Three weeks later, the mother of my dearest friend died from a several-year battle with a Parkinson’s like degenerative disease. The months of prayer to relieve her from her pain were followed in the weeks after her funeral with a longing for her mother that one only sees in a ravenous child.
Over the past two years I was consumed with these deaths. I have pitied myself, numbed myself to it (mostly with food), vetted anger at helpless victims (my apologies to most people commuting on the number 5 train downtown), trivialized the other events taking place in my friends’ lives (job promotions, divorce, unemployment, moving).
I allowed myself to gorge on the emotion of loss.

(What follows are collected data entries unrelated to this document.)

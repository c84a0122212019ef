// Board pieces are parts.
ghost use Rattle.std.specs.Prelude.{◌≡◌, codes};
ghost use Rattle.piece.specs.Pieces.{source, kind_word, row_read, marks_of, meaning_of};
ghost use Rattle.piece.specs.Shown.{kind_of, clock_of};
ghost use Rattle.words.specs.Spelling.{spelled};
ghost use Rattle.piece.specs.PieceDuties.{kind_duties};

use crate::rows::Rows;
use crate::shapes::{Piece, PieceKind, SrcPiece};
use bank::{FieldValue, Place};
use part::{Band, Marks, Part, Row, RowNumber};
use words::Name;

impl Piece {
    // What stands in the places of a list that nothing has filled yet: a source of 1 hertz with the name `_`.
    pub fn blank() -> Piece
        ensures { clock_of result ≡ record { number = 0; name = codes "_"; kind = source 1 } }
    {
        Piece {
            name: Name::blank(),
            kind: PieceKind::Src(SrcPiece { number: 0, rate: 1 }),
        }
    }

    // The word for the piece's kind in a board file.
    pub fn kind_word(&self) -> &'static str
        ensures { result.now ≡ kind_word (kind_of self.now.kind) }
    {
        match &self.kind {
            PieceKind::Src(_) => "src",
            PieceKind::Gate(_) => "gate",
            PieceKind::Fix(_) => "fix",
            PieceKind::Div(_) => "div",
            PieceKind::Mux(_) => "mux",
            PieceKind::Pll(_) => "pll",
        }
    }

    // The row that a field value reads as, with its parent and its ratio, or none.
    pub fn reading(&self, value: FieldValue) -> Option<Row>
        ensures { result ≡ row_read (kind_of self.now.kind) value.0 }
    {
        let at = self.row_of(value)?;
        self.row(at)
    }

    fn marks(&self) -> Marks
        ensures { result ≡ marks_of (kind_of self.now.kind) }
    {
        match &self.kind {
            PieceKind::Src(_) => Marks {
                lift: false,
                still: false,
            },
            PieceKind::Gate(p) => p.marks,
            PieceKind::Fix(p) => p.marks,
            PieceKind::Div(p) => p.marks,
            PieceKind::Mux(p) => p.marks,
            PieceKind::Pll(p) => p.marks,
        }
    }
}

// Rows are asked of the kind in a match each time: a function that hands a piece out as a `&dyn Rows` is refused by the check.
impl Part for Piece {
    ghost meaning = { λ p. meaning_of (clock_of p) };

    ghost duties = { λ p. kind_duties (spelled p.name) p.kind };

    fn number(&self) -> u8 {
        match &self.kind {
            PieceKind::Src(p) => p.number,
            PieceKind::Gate(p) => p.number,
            PieceKind::Fix(p) => p.number,
            PieceKind::Div(p) => p.number,
            PieceKind::Mux(p) => p.number,
            PieceKind::Pll(p) => p.number,
        }
    }

    fn source_rate(&self) -> Option<u32> {
        match &self.kind {
            PieceKind::Src(p) => Some(p.rate),
            _ => None,
        }
    }

    fn row_count(&self) -> u16 {
        match &self.kind {
            PieceKind::Src(_) => 0,
            PieceKind::Gate(p) => p.row_count(),
            PieceKind::Fix(p) => p.row_count(),
            PieceKind::Div(p) => p.row_count(),
            PieceKind::Mux(p) => p.row_count(),
            PieceKind::Pll(p) => p.row_count(),
        }
    }

    fn row(&self, at: RowNumber) -> Option<Row> {
        match &self.kind {
            PieceKind::Src(_) => None,
            PieceKind::Gate(p) => p.row(at),
            PieceKind::Fix(p) => p.row(at),
            PieceKind::Div(p) => p.row(at),
            PieceKind::Mux(p) => p.row(at),
            PieceKind::Pll(p) => p.row(at),
        }
    }

    fn row_of(&self, value: FieldValue) -> Option<RowNumber> {
        match &self.kind {
            PieceKind::Src(_) => None,
            PieceKind::Gate(p) => p.row_of(value),
            PieceKind::Fix(p) => p.row_of(value),
            PieceKind::Div(p) => p.row_of(value),
            PieceKind::Mux(p) => p.row_of(value),
            PieceKind::Pll(p) => p.row_of(value),
        }
    }

    fn rate_field(&self) -> Option<Place> {
        match &self.kind {
            PieceKind::Div(p) => Some(p.field),
            PieceKind::Mux(p) => Some(p.field),
            PieceKind::Pll(p) => Some(Place {
                register: p.register,
                shift: p.shift,
                width: p.nw + p.dw,
            }),
            _ => None,
        }
    }

    fn gate_bit(&self) -> Option<Place> {
        match &self.kind {
            PieceKind::Gate(p) => Some(p.bit),
            _ => None,
        }
    }

    fn lift(&self) -> bool {
        self.marks().lift
    }

    fn still(&self) -> bool {
        self.marks().still
    }

    fn band(&self) -> Band {
        match &self.kind {
            PieceKind::Pll(p) => Band {
                lo: p.lo as u64,
                hi: p.hi as u64,
            },
            _ => Band { lo: 0, hi: 1 << 40 },
        }
    }
}
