// The rows of a mux.
ghost use Rattle.std.specs.Prelude.{◌≡◌, ◌<◌, ◌==◌, length, if◌then◌else◌, Some, None, nat_lt};
ghost use Rattle.std.specs.List.{find, range_with_len};
ghost use Rattle.part.specs.Lists.{listed};
ghost use Rattle.piece.specs.Pieces.{mux_value};
ghost use Rattle.piece.specs.Shown.{mux_kind};

use crate::rows::Rows;
use crate::shapes::MuxPiece;
use crate::style::MuxStyle;
use bank::FieldValue;
use part::{Row, RowNumber};

impl MuxStyle {
    // The field value of the parent with an index, or none where that may have over 32 bits.
    pub fn value(self, index: u8) -> Option<u32>
        ensures { result ≡ (if nat_lt index 32 then Some (mux_value self index) else None) }
    {
        if index >= 32 {
            return None;
        }
        match self {
            MuxStyle::Plain => Some(index as u32),
            MuxStyle::Bit => Some(1u32 << index),
        }
    }
}

impl MuxPiece {
    // The field value of a parent that is there.
    fn value(&self, index: u8) -> u32
        requires { index < 8 }
        ensures { result ≡ mux_value self.now.style index }
    {
        self.style.value(index).unwrap()
    }

    // The first index with a field value, or none. Not inlined: its loop is unrolled, and would keep `row_of` of every kind of piece from
    // being inlined.
    #[inline(never)]
    fn index_of(&self, value: u32) -> Option<u8>
        ensures { result ≡ find (λ i. mux_value self.now.style i == value) (range_with_len 0 (length (listed self.now.parents))) }
    {
        (0..self.parents.len() as u8).find(|i| self.value(*i) == value)
    }
}

impl Rows for MuxPiece {
    ghost kind = { mux_kind };

    fn row_count(&self) -> u16 {
        self.parents.len() as u16
    }

    fn row(&self, at: RowNumber) -> Option<Row> {
        let parent = *self.parents.as_slice().get(at.0 as usize)?;
        Some(Row {
            value: FieldValue(self.value(at.0 as u8)),
            parent,
            n: 1,
            d: 1,
        })
    }

    fn row_of(&self, value: FieldValue) -> Option<RowNumber> {
        self.index_of(value.0).map(|i| RowNumber(i as u16))
    }
}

Then one day I felt fat. Not just the weight accumulated from the self-destructive eating-as-comfort, but also bloated with a loathing of what I had become emotionally and mentally. I gave in to every feeling, every craving. I had become apathetic, narcissistic, and pessimistic simply through losses that I refused to accept.
No matter how much you long for the people in your life to go on, to keep being there in a comforting way that you need them, at some point they have to go (it would be a pretty crowded and gross planet if we didn’t). You simply cannot fill yourself up with them any more than you can pig out on an endless menu of Chinese take out.
At some point all things must come to an end. But if you keep holding on to someone’s loss then you are not leaving space for something you may gain. Don’t get so caught up in what isn’t there that you leave no room for what could be next.

11. May, 2011 










Beautifully said. No And Then is my new watchword.
I felt your journey through this post. I had no idea. Agreed…beautifully said.